Tough day

I have a long list of things to do and nowhere near enough energy or motivation to do them.

I tried (unsuccessfully, I might add) to take apart the cats’ water fountain. J always did it and I honestly never found out how to do it because I assumed I’d just figure it out.

I finally looked up the instructions online about how to take it all apart. Mind you, I’ve done this part several times before. But what I didn’t do was try to change the filter…and it turns out there wasn’t a filter installed at all in the first place. WTF?

I got it all fixed and installed correctly with a filter …and it still doesn’t work. So I got on Amazon and ordered a different one.

I am just feeling so overwhelmed by everything. The kids aren’t really helping me at all.

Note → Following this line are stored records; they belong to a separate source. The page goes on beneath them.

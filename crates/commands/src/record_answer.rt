//! What a recording answers, to be written.

ghost use Rattle.std.specs.Prelude.{◌≡◌, ◌+◌, ◌-◌, ◌^◌, ◌<◌, ◌≤◌, ℕ, List, ◌++◌, IfOk, OnOk, OnErr};
ghost use Rattle.commands.specs.Records.{pieces_text};

use debugger::{Failed, Sink, write_all};
use std::alloc::Global;
use std::marker::Model;
use wasm_record::{LineRoom, Recording};
use wasm_types::NoMemory;

/// A recording whose lines are made as they are written, and the room for it. Contracts see the lines.
#[derive(Drop)]
pub struct RecordedLines {
    recording: Recording,
    size: u32,
    room: LineRoom,
}

impl Model for RecordedLines {
    ghost use Rattle.std.specs.Prelude.{ℕ, List, ◌<◌, ◌≤◌};
    ghost use Rattle.commands.specs.Records.{pieces_text};

    ghost Value = { List ℕ };

    ghost view = { λ l. pieces_text l.size l.recording };

    ghost invariant = { λ l. (0 < l.size) × (l.size ≤ 4096) };
}

impl RecordedLines {
    /// The lines of a recording's pieces of so many entries, and the room for them.
    fn new(alloc: Global, recording: Recording, size: u32) -> Result<RecordedLines, NoMemory>
        requires some { 0 < size }
        requires few { size ≤ 4096 }
        ensures { IfOk result (λ lines. lines ≡ pieces_text size recording) }
    {
        let room = LineRoom::new(alloc)?;
        Ok(RecordedLines {
            recording,
            size,
            room,
        })
    }

    /// Writes the lines, or up to the first call that fails.
    fn write<W: Sink>(&mut self, output: &mut W) -> Result<(), Failed>
        requires { W.failed output.old < 2 ^ 64 - 1 }
        ensures taken { OnOk result (W.takes output.old self.old output.new) }
        ensures none_failed { OnOk result (W.failed output.new ≡ W.failed output.old) }
        ensures begun { OnErr result ((part rest : List ℕ) × (self.old ≡ part ++ rest) × W.takes output.old part output.new) }
        ensures one_failed { OnErr result (W.failed output.new ≡ W.failed output.old + 1) }
    {
        self.recording
            .write_lines(&mut self.room, output, self.size)
    }
}

/// A text that is made, or lines that are made as they are written.
#[derive(Drop)]
pub enum AnswerForm {
    Text(Vec<u8>),
    Lines(RecordedLines),
}

/// What a recording or a hunt answers: the report of a run's end, the lines of its pieces, or another text; and what is
/// told beside it on standard error, which may be nothing. Contracts see both.
#[derive(Drop)]
pub struct RecordAnswer {
    form: AnswerForm,
    told: Vec<u8>,
}

impl Model for RecordAnswer {
    ghost use Rattle.commands.specs.Answered.{form_text};
    ghost use Rattle.commands.specs.Records.{AnswerAt};

    ghost Value = { AnswerAt };

    ghost view = { λ a. record { text = form_text a.form; told = a.told.items } };
}

impl RecordAnswer {
    /// A text that is made, and what is told.
    pub(crate) fn of_text(text: Vec<u8>, told: Vec<u8>) -> RecordAnswer
        ensures text { result.text ≡ text.items }
        ensures told { result.told ≡ told.items }
    {
        RecordAnswer {
            form: AnswerForm::Text(text),
            told,
        }
    }

    /// The lines of a recording's pieces of so many entries, for which room is taken, and what is told.
    pub(crate) fn of_lines(
        alloc: Global,
        recording: Recording,
        size: u32,
        told: Vec<u8>,
    ) -> Result<RecordAnswer, NoMemory>
        requires some { 0 < size }
        requires few { size ≤ 4096 }
        ensures text { IfOk result (λ answer. answer.text ≡ pieces_text size recording) }
        ensures told { IfOk result (λ answer. answer.told ≡ told.items) }
    {
        let lines = RecordedLines::new(alloc, recording, size)?;
        Ok(RecordAnswer {
            form: AnswerForm::Lines(lines),
            told,
        })
    }

    /// What is told beside the text: of a recording the line of the threads that stopped at `--steps`, of a hunt which
    /// run is caught.
    pub fn told(&self) -> &[u8]
        ensures { result.now ≡ self.now.told }
    {
        self.told.as_slice()
    }

    /// Writes the report or the lines, or up to the first call that fails. No memory is wanted for it.
    pub fn write<W: Sink>(&mut self, output: &mut W) -> Result<(), Failed>
        requires { W.failed output.old < 2 ^ 64 - 1 }
        ensures taken { OnOk result (W.takes output.old self.old.text output.new) }
        ensures none_failed { OnOk result (W.failed output.new ≡ W.failed output.old) }
        // After a failure a beginning of the text was taken.
        ensures begun { OnErr result ((part rest : List ℕ) × (self.old.text ≡ part ++ rest) × W.takes output.old part output.new) }
        ensures one_failed { OnErr result (W.failed output.new ≡ W.failed output.old + 1) }
        ensures told { self.new.told ≡ self.old.told }
    {
        match &mut self.form {
            AnswerForm::Text(text) => write_all(output, text),
            AnswerForm::Lines(lines) => lines.write(output),
        }
    }
}
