//! Views of the logs in files.

ghost use Rattle.std.specs.Prelude.{◌≡◌, IfOk, IfErr, string_bytes};
ghost use Rattle.replica.specs.Log.{log_of, key_of};
ghost use Rattle.thread_plan.specs.Plans.{IsPlanOf};
ghost use Rattle.wasm_types.specs.Memories.{block_power};
ghost use Rattle.commands.specs.Views.{AreBreaks, IsViewText, IsViewRefusal, IsViewedText, IsViewRefused};

use crate::fault::Fault;
use crate::files::Files;
use crate::gathered::{ReplayInput, read_replay_input};
use crate::run_notes::notes_by;
use arrayvec::ArrayVec;
use command_words::ViewRequest;
use debug_views::{Break, ViewChoice, WasmViewFault, view_log, write_break};
use log::Log;
use std::alloc::Global;
use wasm_record::memory_limits;
use wasm_types::Block;

/// The breaks of a request: at a place, at a step, behind a write of blocks of this size.
fn breaks_of(request: &ViewRequest<'_>, block: Block) -> ArrayVec<Break, 3>
    ensures { AreBreaks request.now block result.items }
{
    let mut breaks = ArrayVec::new();
    if let Some(place) = request.place {
        breaks.push(Break::Place {
            thread: place.thread,
            place: place.count,
        });
    }
    if let Some(step) = request.step {
        breaks.push(Break::Step {
            thread: step.thread,
            steps: step.count,
        });
    }
    if let Some(write) = request.write {
        breaks.push(write_break(block, write.from, write.len));
    }
    breaks
}

/// The view of a log where its replay stops.
fn view_input(
    alloc: Global,
    input: &ReplayInput,
    request: &ViewRequest<'_>,
) -> Result<String, Fault>
    requires { IsPlanOf input.now.program.valid input.now.program.plan }
    ensures viewed { IfOk result (λ text. IsViewText input.now.program.valid input.now.program.plan (log_of input.now.replica) request.now (string_bytes text)) }
    ensures refused { IfErr result (λ fault. IsViewRefusal input.now.program.valid input.now.program.plan (log_of input.now.replica) request.now fault) }
{
    let log = input.replica.log();
    let block = memory_limits(input.program.valid.module(), log.key().profile).block;
    let breaks = breaks_of(request, block);
    let choice = ViewChoice {
        notes: notes_by(request.names, request.offsets),
        range: request.range,
    };
    match view_log(
        alloc,
        &input.program.valid,
        &input.program.plan,
        log,
        &request.replay.order,
        &breaks,
        choice,
    ) {
        Ok(text) => Ok(text),
        Err(WasmViewFault::Replay(refused)) => Err(Fault::Replay(refused)),
        Err(WasmViewFault::View(fault)) => Err(Fault::View(fault)),
    }
}

/// The view of a replay where it stops. The module is read and judged, then the plan, then the piece lines.
pub fn view<L: Log, F: Files>(
    rt: &L,
    alloc: Global,
    files: &mut F,
    request: &ViewRequest<'_>,
) -> Result<String, Fault>
    ensures viewed { IfOk result (λ text. IsViewedText (F.holds files.old) request.now (string_bytes text)) }
    ensures refused { IfErr result (λ fault. IsViewRefused (F.holds files.old) (F.fails files.old) request.now fault) }
{
    let input = match read_replay_input(rt, alloc, files, &request.replay) {
        Ok(input) => input,
        Err(fault) => return Err(fault),
    };
    view_input(alloc, &input, request)
}
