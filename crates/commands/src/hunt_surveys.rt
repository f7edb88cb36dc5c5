//! What is found of the runs that numbers draw.

ghost use Rattle.std.specs.Prelude.{◌≡◌, ◌++◌, IfOk, IfSome, IfNone, OnOk, codes, flat_map, string_bytes};
ghost use Rattle.wasm_types.specs.Text.{outcome_text};
ghost use Rattle.thread_plan.specs.Plans.{IsPlanOf};
ghost use Rattle.wasm_types.specs.declared.key.Profile.TheVariants.{Two};
ghost use Rattle.wasm_record.specs.Recordings.{IsKeyOf};
ghost use Rattle.pick_schedule.specs.Printing.{AreOfThreads};
ghost use Rattle.commands.specs.Hunts.{Comes, HasNoSchedule, IsRunOfNumber, IsRunOfPicks, IsScheduleOfNumber, outcomes_text, run_line};

use crate::hunt_answers::judge;
use crate::made_runs::MadeRuns;
use crate::program::Program;
use command_words::HuntRequest;
use log::Log;
use pick_schedule::Schedule;
use std::alloc::Global;
use std::fmt::Write;
use std::sync::Wait;
use wasm_record::{RandomRun, Recording, Survey, drawn_schedule, record_drawn, record_schedule};
use wasm_types::{NoMemory, Outcome};

/// The runs that numbers draw of a program.
#[derive(Drop)]
pub(crate) struct DrawnRuns<'a, R> {
    pub(crate) rt: &'a R,
    pub(crate) alloc: Global,
    pub(crate) program: &'a Program,
    pub(crate) request: &'a HuntRequest<'a>,
}

impl<'a, R: Wait> DrawnRuns<'a, R> {
    /// The run of a number.
    pub(crate) fn recording(&self, number: u64) -> Result<Recording, NoMemory>
        requires { IsPlanOf self.now.program.now.valid self.now.program.now.plan }
        ensures key { IfOk result (λ r. IsKeyOf self.now.program.now.valid self.now.program.now.plan number (Two self.now.request.now.block) r.key) }
        ensures is_run { IfOk result (λ r. IsRunOfNumber self.now.program.now.valid self.now.program.now.plan self.now.request.now number r.recorded) }
    {
        let run = RandomRun {
            number,
            timeouts: self.request.times_out,
            steps: self.request.steps,
        };
        let Program { valid, plan } = self.program;
        record_drawn(self.rt, self.alloc, valid, plan, self.request.block, run)
    }

    /// The schedule of the run of a number, if there is a schedule of so many picks.
    pub(crate) fn schedule(&self, number: u64) -> Result<Option<Schedule>, NoMemory>
        requires { IsPlanOf self.now.program.now.valid self.now.program.now.plan }
        ensures drawn { IfOk result (λ schedule. IfSome schedule (IsScheduleOfNumber self.now.program.now.valid self.now.program.now.plan self.now.request.now number)) }
        ensures of_threads { IfOk result (λ schedule. IfSome schedule AreOfThreads) }
        ensures none { IfOk result (λ schedule. IfNone schedule (HasNoSchedule self.now.program.now.valid self.now.program.now.plan self.now.request.now number)) }
    {
        let run = RandomRun {
            number,
            timeouts: self.request.times_out,
            steps: self.request.steps,
        };
        let Program { valid, plan } = self.program;
        drawn_schedule(self.rt, self.alloc, valid, plan, self.request.block, run)
    }

    /// The run by a schedule, under a number.
    pub(crate) fn recording_by(&self, picks: &Schedule, number: u64) -> Result<Recording, NoMemory>
        requires { IsPlanOf self.now.program.now.valid self.now.program.now.plan }
        ensures key { IfOk result (λ r. IsKeyOf self.now.program.now.valid self.now.program.now.plan number (Two self.now.request.now.block) r.key) }
        ensures is_run { IfOk result (λ r. IsRunOfPicks self.now.program.now.valid self.now.program.now.plan self.now.request.now picks.now r.recorded) }
    {
        let HuntRequest { block, steps, .. } = *self.request;
        let Program { valid, plan } = self.program;
        record_schedule(self.alloc, valid, plan, number, block, picks, steps)
    }

    /// Whether the run of a number is caught, which is one more that was made.
    fn comes<L: Log>(&self, made: &MadeRuns<'_, L>, number: u64) -> Result<bool, NoMemory>
        requires { IsPlanOf self.now.program.now.valid self.now.program.now.plan }
        ensures { IfOk result (Comes self.now.program.now.valid self.now.program.now.plan self.now.request.now number) }
    {
        let recording = self.recording(number)?;
        made.add();
        judge(self.alloc, self.request, &recording)
    }
}

/// The least number whose run is caught.
#[derive(Drop)]
pub(crate) struct LeastCaught<'a, R, L> {
    pub(crate) runs: DrawnRuns<'a, R>,
    pub(crate) made: &'a MadeRuns<'a, L>,
}

impl<'a, R: Wait, L: Log> Survey for LeastCaught<'a, R, L> {
    ghost use Rattle.thread_plan.specs.Plans.{IsPlanOf};
    ghost use Rattle.commands.specs.Least.{IsLeastCaught};
    ghost use Rattle.commands.specs.Hunts.{Comes};

    type Found = Option<u64>;

    ghost begins = { λ s. IsPlanOf s.runs.program.now.valid s.runs.program.now.plan };

    ghost finds = { λ s from count found. IsLeastCaught (Comes s.runs.program.now.valid s.runs.program.now.plan s.runs.request.now) from count found };

    fn nothing(&self, _alloc: Global) -> Option<u64> {
        None
    }

    fn add(&self, found: &mut Option<u64>, number: u64) -> Result<(), NoMemory> {
        if found.is_none() && self.runs.comes(self.made, number)? {
            *found = Some(number);
        }
        Ok(())
    }

    fn join(&self, found: &mut Option<u64>, behind: Option<u64>) -> Result<(), NoMemory> {
        if found.is_none() {
            *found = behind;
        }
        Ok(())
    }

    fn is_over(&self, found: &Option<u64>) -> bool {
        found.is_some()
    }
}

/// Puts what threads came to behind a text, each behind a comma.
fn put_others(text: &mut String, outcomes: &[Outcome]) -> Result<(), NoMemory>
    ensures { OnOk result (string_bytes text.new ≡ string_bytes text.old ++ flat_map (λ o. codes ", " ++ outcome_text o) outcomes.now) }
{
    for outcome in outcomes {
        write!(text, ", {outcome}")?;
    }
    Ok(())
}

/// Puts what threads came to behind a text, joined by commas.
fn put_outcomes(text: &mut String, outcomes: &[Outcome]) -> Result<(), NoMemory>
    ensures { OnOk result (string_bytes text.new ≡ string_bytes text.old ++ outcomes_text outcomes.now) }
{
    let [first, others @ ..] = outcomes else {
        return Ok(());
    };
    write!(text, "{first}")?;
    put_others(text, others)
}

/// Puts the line of a run behind a text: its number, and what its threads came to.
fn put_run_line(text: &mut String, number: u64, outcomes: &[Outcome]) -> Result<(), NoMemory>
    ensures { OnOk result (string_bytes text.new ≡ string_bytes text.old ++ run_line number outcomes.now) }
{
    write!(text, "{number} ")?;
    put_outcomes(text, outcomes)?;
    text.push_str("\n")?;
    Ok(())
}

/// A line for each run.
#[derive(Drop)]
pub(crate) struct RunLines<'a, R, L> {
    pub(crate) runs: DrawnRuns<'a, R>,
    pub(crate) made: &'a MadeRuns<'a, L>,
}

impl<'a, R: Wait, L: Log> Survey for RunLines<'a, R, L> {
    ghost use Rattle.std.specs.Prelude.{string_bytes};
    ghost use Rattle.thread_plan.specs.Plans.{IsPlanOf};
    ghost use Rattle.commands.specs.Least.{AreListed};
    ghost use Rattle.commands.specs.Hunts.{IsRunLine};

    type Found = String;

    ghost begins = { λ s. IsPlanOf s.runs.program.now.valid s.runs.program.now.plan };

    ghost finds = { λ s from count found. AreListed (IsRunLine s.runs.program.now.valid s.runs.program.now.plan s.runs.request.now) from count (string_bytes found) };

    fn nothing(&self, alloc: Global) -> String {
        String::new(alloc)
    }

    fn add(&self, found: &mut String, number: u64) -> Result<(), NoMemory> {
        let recording = self.runs.recording(number)?;
        self.made.add();
        put_run_line(found, number, recording.recorded().end().outcomes())
    }

    fn join(&self, found: &mut String, behind: String) -> Result<(), NoMemory> {
        found.push_str(behind.as_str())?;
        Ok(())
    }

    fn is_over(&self, _found: &String) -> bool {
        false
    }
}
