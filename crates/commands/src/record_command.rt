//! Recordings, by the schedules in files, by threads or at random.

ghost use Rattle.std.specs.Prelude.{◌≡◌, ◌⊎◌, ◌<◌, ◌≤◌, List, OnOk, IfOk, IfErr};
ghost use Rattle.wasm_record.specs.Cut.{IsPiecesFault};
ghost use Rattle.thread_plan.specs.Plans.{IsPlanOf};
ghost use Rattle.wasm_record.specs.Pick.{Pick};
ghost use Rattle.wasm_types.specs.declared.key.Profile.TheVariants.{Two};
ghost use Rattle.wasm_record.specs.Recordings.{IsKeyOf};
ghost use Rattle.commands.specs.Records.{IsScheduleFile, IsScheduleRefused, IsOrderRefused, IsRecordRefusal, IsRecordedBy, IsRecordAnswer, IsRecordRefused, IsRunOf, IsRunOfThreads, IsRandomRunOf, IsAnswer, IsAnswerOf};

use crate::fault::Fault;
use crate::files::Files;
use crate::program::{Program, read_program};
use crate::record_answer::RecordAnswer;
use crate::run_notes::{notes_by, notes_of_run};
use crate::schedule_file::read_schedule;
use crate::stopped::stopped_line;
use crate::thread_runs::recording_by_threads;
use command_words::{RecordForm, RecordOrder, RecordRequest};
use debug_views::noted_report;
use log::Log;
use pick_schedule::Schedule;
use replica::MOST_ENTRIES;
use std::alloc::Global;
use std::sync::Wait;
use std::thread::Threads;
use wasm_record::{PiecesFault, RandomRun, Recording, record_drawn, record_schedule};
use wasm_types::NoMemory;

/// Whether pieces of so many entries can be.
pub(crate) fn check_size(entries: u32) -> Result<(), PiecesFault>
    ensures some { OnOk result (0 < entries) }
    ensures few { OnOk result (entries ≤ 4096) }
    ensures refused { IfErr result (IsPiecesFault entries) }
{
    if entries == 0 {
        return Err(PiecesFault::Empty);
    }
    if entries as usize > MOST_ENTRIES {
        return Err(PiecesFault::TooMany);
    }
    Ok(())
}

/// What a run by the schedule in a file came to. The schedule is judged before the size of the pieces.
fn record_by_schedule<L: Log, F: Files>(
    rt: &L,
    alloc: Global,
    files: &mut F,
    program: &Program,
    path: &str,
    request: &RecordRequest<'_>,
) -> Result<RecordAnswer, Fault>
    requires { IsPlanOf program.now.valid program.now.plan }
    ensures recorded { IfOk result (λ answer. (picks : List Pick) × IsScheduleFile (F.holds files.old path.now) picks × IsAnswerOf program.now.valid program.now.plan request.now (IsRunOf program.now.valid program.now.plan request.now picks) answer) }
    ensures refused { IfErr result (λ fault. IsScheduleRefused (F.holds files.old path.now) (F.fails files.old path.now) fault
        ⊎ ((picks : List Pick) × IsScheduleFile (F.holds files.old path.now) picks × IsRecordRefusal request.now.size fault)) }
{
    let picks = match read_schedule(rt, alloc, files, path) {
        Ok(picks) => picks,
        Err(fault) => return Err(fault),
    };
    record_picks(alloc, program, &picks, request)
}

/// What a run by picks came to. The size of the pieces is judged before.
fn record_picks(
    alloc: Global,
    program: &Program,
    picks: &Schedule,
    request: &RecordRequest<'_>,
) -> Result<RecordAnswer, Fault>
    requires { IsPlanOf program.now.valid program.now.plan }
    ensures recorded { IfOk result (λ answer. IsAnswerOf program.now.valid program.now.plan request.now (IsRunOf program.now.valid program.now.plan request.now picks.now) answer) }
    ensures refused { IfErr result (IsRecordRefusal request.now.size) }
{
    if let Err(fault) = check_size(request.size) {
        return Err(Fault::Pieces(fault));
    }
    let Program { valid, plan } = program;
    let block = request.block;
    let steps = request.steps;
    match record_schedule(alloc, valid, plan, request.run, block, picks, steps) {
        Ok(recording) => answered(alloc, program, recording, request),
        Err(NoMemory) => Err(Fault::NoMemory),
    }
}

/// What a run of threads at once came to. The size of the pieces is judged before.
fn record_by_threads<T: Threads + Wait + Sync>(
    threads: &T,
    alloc: Global,
    program: &Program,
    times_out: bool,
    request: &RecordRequest<'_>,
) -> Result<RecordAnswer, Fault>
    requires { IsPlanOf program.now.valid program.now.plan }
    ensures recorded { IfOk result (λ answer. IsAnswerOf program.now.valid program.now.plan request.now (IsRunOfThreads program.now.valid program.now.plan request.now times_out) answer) }
    ensures refused { IfErr result (IsRecordRefusal request.now.size) }
{
    if let Err(fault) = check_size(request.size) {
        return Err(Fault::Pieces(fault));
    }
    let RecordRequest {
        run,
        block,
        steps,
        ..
    } = *request;
    match recording_by_threads(threads, alloc, program, times_out, run, block, steps) {
        Ok(recording) => answered(alloc, program, recording, request),
        Err(NoMemory) => Err(Fault::NoMemory),
    }
}

/// What the run came to that the number of the run draws. The size of the pieces is judged before.
fn record_at_random<R: Wait>(
    rt: &R,
    alloc: Global,
    program: &Program,
    times_out: bool,
    request: &RecordRequest<'_>,
) -> Result<RecordAnswer, Fault>
    requires { IsPlanOf program.now.valid program.now.plan }
    ensures recorded { IfOk result (λ answer. IsAnswerOf program.now.valid program.now.plan request.now (IsRandomRunOf program.now.valid program.now.plan request.now times_out) answer) }
    ensures refused { IfErr result (IsRecordRefusal request.now.size) }
{
    if let Err(fault) = check_size(request.size) {
        return Err(Fault::Pieces(fault));
    }
    let Program { valid, plan } = program;
    let run = RandomRun {
        number: request.run,
        timeouts: times_out,
        steps: request.steps,
    };
    match record_drawn(rt, alloc, valid, plan, request.block, run) {
        Ok(recording) => answered(alloc, program, recording, request),
        Err(NoMemory) => Err(Fault::NoMemory),
    }
}

/// What a run came to in which the threads go on as was asked for.
fn recorded_by<L: Log, T: Threads + Wait + Sync, F: Files>(
    rt: &L,
    threads: &T,
    alloc: Global,
    files: &mut F,
    program: &Program,
    request: &RecordRequest<'_>,
) -> Result<RecordAnswer, Fault>
    requires { IsPlanOf program.now.valid program.now.plan }
    ensures recorded { IfOk result (λ answer. IsRecordedBy (F.holds files.old) program.now.valid program.now.plan request.now request.now.order answer) }
    ensures refused { IfErr result (λ fault. IsOrderRefused (F.holds files.old) (F.fails files.old) request.now request.now.order fault) }
{
    match request.order {
        RecordOrder::Schedule(path) => {
            record_by_schedule(rt, alloc, files, program, path, request)
        }
        RecordOrder::Threads { times_out } => {
            record_by_threads(threads, alloc, program, times_out, request)
        }
        RecordOrder::Random { times_out } => {
            record_at_random(threads, alloc, program, times_out, request)
        }
    }
}

/// What a run came to: its report, or the lines of its pieces, and which threads stopped at `--steps`. The module is
/// read and judged, then the plan, then the schedule, if the threads go on by one, then the size of the pieces.
pub fn record<L: Log, T: Threads + Wait + Sync, F: Files>(
    rt: &L,
    threads: &T,
    alloc: Global,
    files: &mut F,
    request: &RecordRequest<'_>,
) -> Result<RecordAnswer, Fault>
    ensures recorded { IfOk result (λ answer. IsRecordAnswer (F.holds files.old) request.now answer) }
    ensures refused { IfErr result (λ fault. IsRecordRefused (F.holds files.old) (F.fails files.old) request.now fault) }
{
    let program = match read_program(rt, alloc, files, request.module, request.plan) {
        Ok(program) => program,
        Err(fault) => return Err(fault),
    };
    recorded_by(rt, threads, alloc, files, &program, request)
}

/// The report of a recording, with what is asked for of where threads stand at its end, or the lines of its pieces, for
/// which room is taken; and the line of the threads that stopped at `--steps`.
fn written(
    alloc: Global,
    program: &Program,
    recording: Recording,
    request: &RecordRequest<'_>,
) -> Result<RecordAnswer, NoMemory>
    requires suits { IsPlanOf program.now.valid program.now.plan }
    requires some { 0 < request.now.size }
    requires few { request.now.size ≤ 4096 }
    ensures answer { IfOk result (IsAnswer program.now.valid program.now.plan request.now recording) }
{
    let size = request.size;
    let stopped = stopped_line(alloc, request.steps, recording.recorded().log())?.into_bytes();
    match request.form {
        RecordForm::Pieces => RecordAnswer::of_lines(alloc, recording, size, stopped),
        RecordForm::Report { names, offsets } => {
            let asked = notes_by(names, offsets);
            let notes = notes_of_run(alloc, program, &recording, size, asked)?;
            let text = noted_report(alloc, recording.recorded().end(), &notes)?;
            Ok(RecordAnswer::of_text(text.into_bytes(), stopped))
        }
    }
}

/// The same, or the program's fault.
fn answered(
    alloc: Global,
    program: &Program,
    recording: Recording,
    request: &RecordRequest<'_>,
) -> Result<RecordAnswer, Fault>
    requires suits { IsPlanOf program.now.valid program.now.plan }
    requires some { 0 < request.now.size }
    requires few { request.now.size ≤ 4096 }
    ensures answer { IfOk result (IsAnswer program.now.valid program.now.plan request.now recording) }
    ensures refused { IfErr result (IsRecordRefusal request.now.size) }
{
    match written(alloc, program, recording, request) {
        Ok(answer) => Ok(answer),
        Err(NoMemory) => Err(Fault::NoMemory),
    }
}
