//! Files over memory, for tests of what reads files. Their contracts say exactly what they hold and which of them fail.

ghost use Rattle.std.specs.Prelude.{◌≡◌, IfOk, IfErr, Err, Some};
ghost use Rattle.commands.specs.Files.{IsRead};
ghost use Rattle.commands.specs.Memory.{HoldsBytes, Fails, file_at};
ghost use Rattle.commands.specs.declared.files.FileFault.TheVariants as faults;

use crate::files::{FileFault, FileState, Files};
use debugger::MemorySource;
use std::alloc::Global;

/// How many bytes a call of a stream brings at most: few, so that lines stand over the borders of calls.
const FEW: usize = 7;

/// A file over memory. The call of that number of a stream of it, from 1, fails; then it can't be read at once either.
#[derive(Clone, Copy)]
pub struct MemoryFile<'a> {
    pub path: &'a str,
    pub bytes: &'a [u8],
    pub fails_at: Option<u64>,
}

/// Files over memory. Of files at one path the first stands there.
#[derive(Drop)]
pub struct MemoryFiles<'a> {
    pub files: &'a [MemoryFile<'a>],
}

/// The first of these files that is at a path.
fn file_at<'a>(files: &[MemoryFile<'a>], path: &str) -> Option<MemoryFile<'a>>
    ensures { result ≡ file_at files.now path.now }
{
    for file in files {
        if file.path == path {
            return Some(*file);
        }
    }
    None
}

/// What is read of a file of these bytes.
fn copied(alloc: Global, bytes: &[u8], most: Option<usize>) -> Result<Vec<u8>, FileFault>
    ensures copy { IfOk result (λ copy. IsRead (λ whole. whole ≡ bytes.now) most copy.items) }
    ensures refused { IfErr result (λ fault. fault ≡ faults.NoMemory) }
{
    let Ok(mut copy) = Vec::from_slice(alloc, bytes) else {
        return Err(FileFault::NoMemory);
    };
    let Some(most) = most else {
        return Ok(copy);
    };
    copy.truncate(most);
    Ok(copy)
}

/// What is read of a file at once.
fn read_of(alloc: Global, file: &MemoryFile<'_>, most: Option<usize>) -> Result<Vec<u8>, FileFault>
    ensures bytes { IfOk result (λ bytes. IsRead (HoldsBytes (Some file.now)) most bytes.items) }
    ensures not_read { result ≡ Err faults.NotRead → Fails (Some file.now) }
{
    match file.fails_at {
        None => copied(alloc, file.bytes, most),
        Some(_) => Err(FileFault::NotRead),
    }
}

impl<'a> Files for MemoryFiles<'a> {
    ghost use Rattle.commands.specs.Memory.{HoldsBytes, Fails, file_at};

    type Stream = MemorySource<'a>;

    ghost holds = { λ files path bytes. HoldsBytes (file_at files.files.now path) bytes };

    ghost fails = { λ files path. Fails (file_at files.files.now path) };

    fn read(
        &mut self,
        alloc: Global,
        path: &str,
        most: Option<usize>,
    ) -> Result<Vec<u8>, FileFault> {
        match file_at(self.files, path) {
            Some(file) => read_of(alloc, &file, most),
            None => Err(FileFault::NotRead),
        }
    }

    fn state(&mut self, path: &str) -> FileState {
        match file_at(self.files, path) {
            Some(_) => FileState::Regular,
            None => FileState::NotThere,
        }
    }

    fn open(&mut self, _alloc: Global, path: &str) -> Result<MemorySource<'a>, FileFault> {
        match file_at(self.files, path) {
            Some(file) => Ok(MemorySource::new(file.bytes, FEW, file.fails_at)),
            None => Err(FileFault::NotRead),
        }
    }
}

The house is a wreck and smells like cat pee, which I hate, and I really need to mop the floors.

I still have to get out a few physical thank you cards and a birthday card to my nephew (which will be late) and call Walmart about an order that didn’t show up and call J’s old bank about the fact that he’s dead and finish our taxes and call the IRS and call the Social Security Administration and do a bunch of returns (which I first have to package up and label) and go to the post office and to get an oil change etc etc etc.

Tomorrow I have to see if I can figure out how to clean my furnace ignition switch because it sounds like I’m going to be without heat very soon if I don’t. I at least narrowed down that that’s likely the problem but I have no idea how to fix it or even where to find it. J always did that stuff and I have no idea what I’m doing.

Yeah, if I figure it out and get it fixed by myself, I’ll feel like I fucking ROCK. But it’s just as likely to end up like the cat fountain.

I miss J for so many reasons and fixing stuff is really the least of it. I just want to lie down and sob because this is all so hard. But if I do that, my to-do list will just grow even longer.

Nobody’s helping me with anything (except sometimes Amy.) I can’t come up with dinner ideas anymore because I don’t want to eat. My mother-in-law is actively making my life worse and harder but more about that tomorrow. The kids seem to have regressed to about age 15. I just can’t do this anymore.